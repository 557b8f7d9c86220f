//! The rule for what global variables hold first.
ghost use Rattle.std.specs.Prelude.{◌≡◌, flat_map, option_map};
ghost use Rattle.arc_ast.specs.Tree.{global_tree, global_trees};
ghost use Rattle.arc_class.specs.BrokenRules.{first};
ghost use Rattle.arc_judge.specs.Fault.{reported};
ghost use Rattle.arc_judge.specs.Rules as rules;
ghost use Rattle.arc_judge.specs.Rules.{need_of};

use crate::rule::no_such;
use arc_ast::tree;
use arc_ast::tree::{Constant, Kind};
use arc_fault::check::CheckFault;
use arc_sites::violation::earlier;

/// The rule that a constant breaks with which a variable of the kind begins.
fn judge_constant(wanted: Kind, constant: Constant) -> Option<CheckFault>
    ensures { option_map reported result ≡ first (rules.broken_constant (need_of wanted) constant) }
{
    match constant {
        Constant::Number(at, _) => no_such(Some(wanted), Some(Kind::Int), at),
        Constant::Nil(at) => no_such(Some(wanted), Some(Kind::Object), at),
    }
}

/// The rule that a variable breaks by what it begins with.
fn judge_global(global: &tree::Global) -> Option<CheckFault>
    ensures { option_map reported result ≡ first (rules.broken_global (global_tree global.now)) }
{
    let constant = global.initial?;
    judge_constant(global.type_name.kind(), constant)
}

/// The first rule that variables break by what they begin with.
pub fn judge_globals(globals: &[tree::Global]) -> Option<CheckFault>
    ensures { option_map reported result ≡ first (flat_map rules.broken_global (global_trees globals.now)) }
{
    let mut fault = None;
    for global in globals {
        fault = earlier(fault, judge_global(global));
    }
    fault
}
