//! The kinds of fields that are named, and the rules that are broken by naming one.
ghost use Rattle.std.specs.Prelude.{◌≡◌, option_map};
ghost use Rattle.arc_class.specs.BrokenRules.{first};
ghost use Rattle.arc_judge.specs.Fault.{reported};
ghost use Rattle.arc_judge.specs.Rules as rules;
ghost use Rattle.arc_scope.specs.Views.{seen};

use arc_ast::tree::Kind;
use arc_class::table::{ClassTable, FoundField};
use arc_fault::check::CheckFault;
use arc_scope::field::is_visible;
use arc_scope::scope::Visible;

/// The kind of the field, where there is one that may be named.
pub fn field_kind(table: &ClassTable, visible: &Visible, found: Option<FoundField>) -> Option<Kind>
    ensures { result ≡ rules.field_kind (seen table.now visible.now) found }
{
    match found {
        None => None,
        Some(field) => {
            if is_visible(table, visible, field) {
                Some(field.kind)
            } else {
                None
            }
        }
    }
}

/// The rule that is broken where there is no field that may be named.
pub fn field_fault(
    table: &ClassTable,
    visible: &Visible,
    found: Option<FoundField>,
    at: usize,
) -> Option<CheckFault>
    ensures { option_map reported result ≡ first (rules.no_field (seen table.now visible.now) found at) }
{
    match found {
        None => Some(CheckFault::UnknownName(at)),
        Some(field) => {
            if is_visible(table, visible, field) {
                None
            } else {
                Some(CheckFault::FieldHidden(at))
            }
        }
    }
}
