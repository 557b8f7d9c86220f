//! Finds the first rule that is broken in the methods of a source.
ghost use Rattle.std.specs.Prelude.{◌≡◌, IfOk, option_map};
ghost use Rattle.std.specs.List.{flat_map};
ghost use Rattle.arc_ast.specs.Tree.{head_tree, head_trees, method_tree, method_trees, interface_trees, implementation_trees};
ghost use Rattle.arc_class.specs.BrokenRules.{first};
ghost use Rattle.arc_class.specs.Table.{number_of_class};
ghost use Rattle.arc_judge.specs.Fault.{reported};
ghost use Rattle.arc_judge.specs.Rules.{broken_head, broken_method};
ghost use Rattle.arc_judge.specs.private.ExpressionJudgements.{broken_interface, broken_implementation};
ghost use Rattle.arc_scope.specs.Views.{known_in};

use crate::body::{count_fault, inside};
use arc_ast::tree::{Implementation, Interface, Method, MethodHead};
use arc_class::table::{ClassId, ClassTable};
use arc_fault::check::CheckFault;
use arc_scope::scope::Visible;
use arc_sites::violation::earlier;
use std::alloc::{AllocError, Global};

/// The rule that a method breaks as it is declared.
fn head(head: &MethodHead) -> Option<CheckFault>
    ensures { option_map reported result ≡ first (broken_head (head_tree head.now)) }
{
    count_fault(head.at, head.parameters.len())
}

/// The first rule that the methods of an interface break.
fn heads(all: &[MethodHead]) -> Option<CheckFault>
    ensures { option_map reported result ≡ first (flat_map broken_head (head_trees all.now)) }
{
    let mut fault = None;
    for one in all {
        fault = earlier(fault, head(one));
    }
    fault
}

/// The first rule that the methods of the interfaces break.
pub fn judge_interfaces(all: &[Interface]) -> Option<CheckFault>
    ensures { option_map reported result ≡ first (flat_map broken_interface (interface_trees all.now)) }
{
    let mut fault = None;
    for one in all {
        fault = earlier(fault, heads(&one.methods));
    }
    fault
}

/// The first rule that is broken in a method of the class.
fn method<'a>(
    alloc: Global,
    table: &ClassTable<'a>,
    class: Option<ClassId>,
    method: &'a Method,
) -> Result<Option<CheckFault>, AllocError>
    ensures { IfOk result (λ fault. option_map reported fault
        ≡ first (broken_method (known_in table.now) (option_map number_of_class class) (method_tree method.now))) }
{
    let visible = Visible::in_method(alloc, class, &method.head);
    let inside = inside(table, visible, &method.head.parameters, &method.body)?;
    Ok(earlier(head(&method.head), inside))
}

/// The first rule that is broken in methods of the class.
fn methods<'a>(
    alloc: Global,
    table: &ClassTable<'a>,
    class: Option<ClassId>,
    all: &'a [Method],
) -> Result<Option<CheckFault>, AllocError>
    ensures { IfOk result (λ fault. option_map reported fault
        ≡ first (flat_map (broken_method (known_in table.now) (option_map number_of_class class)) (method_trees all.now))) }
{
    let mut fault = None;
    for one in all {
        fault = earlier(fault, method(alloc, table, class, one)?);
    }
    Ok(fault)
}

/// The first rule that is broken in the implementations.
pub fn judge_implementations<'a>(
    alloc: Global,
    table: &ClassTable<'a>,
    all: &'a [Implementation],
) -> Result<Option<CheckFault>, AllocError>
    ensures { IfOk result (λ fault. option_map reported fault ≡ first (flat_map (broken_implementation (known_in table.now)) (implementation_trees all.now))) }
{
    let mut fault = None;
    for one in all {
        let class = table.objc_get_class(&one.name);
        fault = earlier(fault, methods(alloc, table, class, &one.methods)?);
    }
    Ok(fault)
}
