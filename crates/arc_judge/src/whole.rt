//! Finds the first rule that is broken in a full-expression: in itself, and in what is asked of its value.
ghost use Rattle.std.specs.Prelude.{◌≡◌, ◌++◌, Some, option_map};
ghost use Rattle.arc_ast.specs.Tree as tree;
ghost use Rattle.arc_ast.specs.Tree.{expr_tree, type_tree};
ghost use Rattle.arc_class.specs.BrokenRules.{first};
ghost use Rattle.arc_judge.specs.Fault.{reported};
ghost use Rattle.arc_judge.specs.private.ExpressionJudgements.{JudgesWhole};
ghost use Rattle.arc_judge.specs.Rules as rules;
ghost use Rattle.arc_scope.specs.Views.{seen};

use crate::judge::{Judged, judge};
use crate::rule::{no_such, no_value, place};
use crate::taken::Taken;
use arc_ast::tree::{Expr, TypeName};
use arc_class::table::ClassTable;
use arc_fault::check::CheckFault;
use arc_scope::scope::Visible;
use arc_sites::violation::earlier;

/// The judgement on a full-expression.
pub fn judge_whole<'a>(table: &ClassTable<'a>, visible: &Visible<'a>, expr: &'a Expr) -> Judged
    ensures { JudgesWhole (seen table.now visible.now) (expr_tree expr.now) result }
{
    let judged = judge(table, visible, Taken::none(), expr);
    Judged {
        fault: earlier(judged.fault, judged.taken.fault()),
        ..judged
    }
}

/// The first rule that is broken in what a function returns that gives something.
pub fn result_fault<'a>(
    table: &ClassTable<'a>,
    visible: &Visible<'a>,
    expr: &'a Expr,
) -> Option<CheckFault>
    ensures { option_map reported result ≡ first (rules.broken_whole (seen table.now visible.now) (expr_tree expr.now)
        ++ rules.no_such (Some visible.now.result) (rules.kind_of (seen table.now visible.now) (expr_tree expr.now)) (tree.place (expr_tree expr.now))) }
{
    let judged = judge_whole(table, visible, expr);
    let wanted = Some(visible.result);
    earlier(judged.fault, no_such(wanted, judged.kind, place(expr)))
}

/// The first rule that is broken in a test.
pub fn test_fault<'a>(
    table: &ClassTable<'a>,
    visible: &Visible<'a>,
    expr: &'a Expr,
) -> Option<CheckFault>
    ensures { option_map reported result ≡ first (rules.broken_test (seen table.now visible.now) (expr_tree expr.now)) }
{
    let judged = judge_whole(table, visible, expr);
    earlier(judged.fault, no_value(judged.kind, place(expr)))
}

/// The first rule that is broken in what a variable of the type begins with.
pub fn initial_fault<'a>(
    table: &ClassTable<'a>,
    visible: &Visible<'a>,
    type_name: &TypeName,
    expr: &'a Expr,
) -> Option<CheckFault>
    ensures { option_map reported result ≡ first (rules.broken_initial (seen table.now visible.now) (type_tree type_name.now) (Some (expr_tree expr.now))) }
{
    let judged = judge_whole(table, visible, expr);
    let wanted = Some(type_name.kind());
    earlier(judged.fault, no_such(wanted, judged.kind, place(expr)))
}
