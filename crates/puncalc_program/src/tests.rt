//! Runs of the whole program, on sheets and scripts that were worked by hand.

use crate::run::run;
use byte_streams::{PlainFolder, PlainSink, PlainSource};
use cell_words::CellWord;
use claim_core::Outcome;
use recalculation::{Kind, NoPace, Pace};
use std::alloc::{AllocError, Global};
use std::process::Abort;
use std::sync::atomic::{AtomicU64, Ordering};
use std::test::Fail;
use std::thread::{Threads, yield_now};

/// A room for all that these tests write.
pub(crate) const ROOM: usize = 65_536;

/// The words for how many workers each row of a table is run with, between bars: no words for as many as are usual.
const EACH: &str = "|--workers 1|--workers 2|--workers 64";

/// The same for rows with many cells.
const FEW: &str = "|--workers 1";

/// Sheets, and what `show` makes of them. A row has its command, its input, the status and what is written. A double
/// quote stands as `~` here, LF as `|`, CR as a backquote, and a byte that is no UTF-8 as `%`.
const SHEETS: &str = "
    show =>0
    show 1,=A1+1=>0 1,2|
    show 1,=A1+1|=>0 1,2|
    show -3|=>0 -3|
    show =A1|=>0 #CYCLE(1)!|
    show =B1,=C1,=B1|=>0 #TOCYCLE!,#CYCLE(2)!,#CYCLE(2)!|
    show ~=IF(B1=0,7,A1)~,0|=>0 7,0|
    show =1/0+B1,=B1|=>0 #DIV/0!,#CYCLE(1)!|
    show =B1+1/0,=B1|=>0 #TOCYCLE!,#CYCLE(1)!|
    show ~=IFERROR(B1,5)~,=B1|=>0 #TOCYCLE!,#CYCLE(1)!|
    show =C1,=A1,=D1,=E1,=B1=>0 #CYCLE(5)!,#CYCLE(5)!,#CYCLE(5)!,#CYCLE(5)!,#CYCLE(5)!|
    show ~=INDEX(B1:C1,1,2)~,=A1,3|=>0 3,3,3|
    show 9223372036854775807,=A1+1|=>0 9223372036854775807,9223372036854775808|
    show 170141183460469231731687303715884105727,=A1+1|=>0 170141183460469231731687303715884105727,#NUM!|
    show -170141183460469231731687303715884105728,=A1-1,=-A1,=A1/-1=>0 -170141183460469231731687303715884105728,#NUM!,#NUM!,#NUM!|
    show 170141183460469231731687303715884105728,=A1=>0 170141183460469231731687303715884105728,170141183460469231731687303715884105728|
    show =170141183460469231731687303715884105727=>0 170141183460469231731687303715884105727|
    show x,=SUM(A1:A2),=COUNT(A1:A2)|5|=>0 x,5,1|5,,|
    show ~=VLOOKUP(2,A2:B3,2)~,|1,=A1|2,9|=>0 9,|1,9|2,9|
    show '7,-0,1.5,=COUNT(A1:C1)|=>0 7,0,1.5,1|
    show =-7/2,~=MOD(-7,2)~,~=MOD(7,-2)~|=>0 -3,1,-1|
    show =B1+1,text=>0 #VALUE!,text|
    show =Sheet1!B1,4=>0 4,4|
    show =((((((((((((((((((((((((((((((((1))))))))))))))))))))))))))))))))|=>0 1|
    show 1,|,2|=>0 1,|,2|
    show 1,2|||3|=>0 1,2|3,|
    show ~~|x|=>0 ~~|x|
    show a,~b,c~|=>0 a,~b,c~|
    show ~a,b~,~say ~~so~~~|=>0 ~a,b~,~say ~~so~~~|
    show \u{FEFF}a,TRUE`|'=x,-5`|=>0 a,TRUE|=x,-5|
";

______________________________

Look through the entries above. Extract each line with the word "what".

//! The rule for what global variables hold first.
/// The rule that a variable breaks by what it begins with.
/// The first rule that variables break by what they begin with.
//! Finds the first rule that is broken in a full-expression: in itself, and in what is asked of its value.
/// The first rule that is broken in what a function returns that gives something.
/// The first rule that is broken in what a variable of the type begins with.
/// Sheets, and what `show` makes of them. A row has its command, its input, the status and what is written. A double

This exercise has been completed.